Eight immune cell types (total T cells, naive CD4 T cells, effector memory CD4 and CD8 T cells, EMRA CD8 T cells, CD28−ve CD8 T cells, CD57+ve CD8 T cells and regulatory T cells) were selected to generate the IMM-AGE metric, this is a modified profile from the original scoring that had 20 components [24] that we have reported recently [35]. Only samples that did not have missing values that are required for the IMM-AGE flow calculation were used.
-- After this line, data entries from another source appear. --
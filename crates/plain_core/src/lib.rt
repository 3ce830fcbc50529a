//! A plain core of one connection, for tests and as the smallest program that keeps the contract of a core: each line that
//! arrives is a request, and each is answered by one fixed text.
#![tactic(auto)]

mod conn;
mod lines;
mod plain;
mod state;

pub use plain::PlainCore;
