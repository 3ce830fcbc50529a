// Lines in the order of the text.
ghost use Rattle.std.specs.Prelude.{◌≡◌, ◌↔◌, true, Contains, AllPairs};
ghost use Rattle.source_lines.specs.Lines.{is_before};
ghost use Rattle.source_lines.specs.declared.line.Line.{Line as Place};

use crate::line::Line;

/// The same lines in the order of the text, each once.
pub fn in_order(mut lines: Vec<Line>) -> Vec<Line>
    ensures same { (l : Place) → Contains lines.items l ↔ Contains result.items l }
    ensures rising { AllPairs (λ a b. is_before a b ≡ true) result.items }
{
    lines.sort_unstable();
    lines.dedup();
    lines
}
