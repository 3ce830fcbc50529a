// Where directives are.

/// A line of a configuration file: the number of the file, in the order in which files are read, and the line there, from 1.
/// Lines are in the order of the text.
#[derive(Clone, Copy, Debug, PartialEq, Eq, PartialOrd, Ord)]
pub struct Line {
    pub file: u32,
    pub line: u64,
}

/// Where the values of a level are stated, in the level or around it: its place, each of its index names, its
/// `try_files`, each rule of `error_page`, each `auth_request_set`; and where the directives of its program are, one by
/// one. There is none of what isn't stated.
#[derive(Drop)]
pub struct LevelLines {
    pub place: Option<Line>,
    pub index: Vec<Line>,
    pub tries: Option<Line>,
    pub pages: Vec<Line>,
    pub auth_sets: Vec<Line>,
    pub program: Vec<Line>,
}
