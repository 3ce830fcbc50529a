//! Lines of configuration files: those of the directives that a level is made of.
#![tactic(auto)]

mod line;
mod order;

pub use line::{LevelLines, Line};
pub use order::in_order;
RNA isolation and Nanostring nCounter gene expression analysis

Total RNA was isolated from 2 × 106 PBMCs from healthy controls and severe COVID-19 convalescent patients using the RNeasy Mini isolation kit (Qiagen, Germany). RNA concentrations and quality were measured using the Agilent 2100 BioAnalyzer. Gene expression analysis was performed using the Pan-Cancer Immune Profiling Panel from NanoString technologies (NanoString, USA). The panel contains probes for 730 immune-related genes and 40 housekeeping genes, representing 24 different immune cell types and common checkpoint inhibitors, covering both adaptive and innate immune responses. For each sample, 80 ng of total RNA, with a maximum of 7 μL (> 28.6 ng/μL), was used. Hybridisation was performed at 65˚C for 17 h using a SimpliAmp Thermal Cycler (Applied Biosystems, UK). The nCounter Flex system (NanoString, USA) was used for sample preparation. Raw gene counts were normalised using the most stable housekeeping genes from the panel. The background threshold was determined as the average count of the negative controls + 2 standard deviations. Differential expression of genes between PBMC from the two cohorts was tested with Mann–Whitney U tests and Benjamin-Hochberg procedures were used to correct for multiple testing. Differentially expressed (DE) genes were further analysed and all pathway analysis was performed within RStudio. Pathway enrichment analysis was performed on a subset of genes differentially expressed between the healthy volunteer and severe COVID-19 groups. This was done using ReactomePA [72]. The BH false discovery method was used and a p-value cut-off of < 0.05 was set as significant. Entrez gene IDs were obtained using the org.Hs.eg.db annotation package (http://bioconductor.statistik.tu-dortmund.de/packages/3.10/data/annotation/html/org.Hs.eg.db.html).

Statistical analysis

All statistical analyses were performed using GraphPad Prism software version 9.2.0. Data distribution was examined using the Kolmogorov–Smirnov normality test. For normally distributed data, a student t-test, or a one-way ANOVA with Bonferroni multiple comparison post hoc tests were performed where appropriate. Relationships between categorial variables were assessed using a Chi-squared test. Multiple linear regression was performed to test for associations between immune parameters and other variables. The probability value (p-value) of the statistical significance of the test was used as p ≤ 0.05.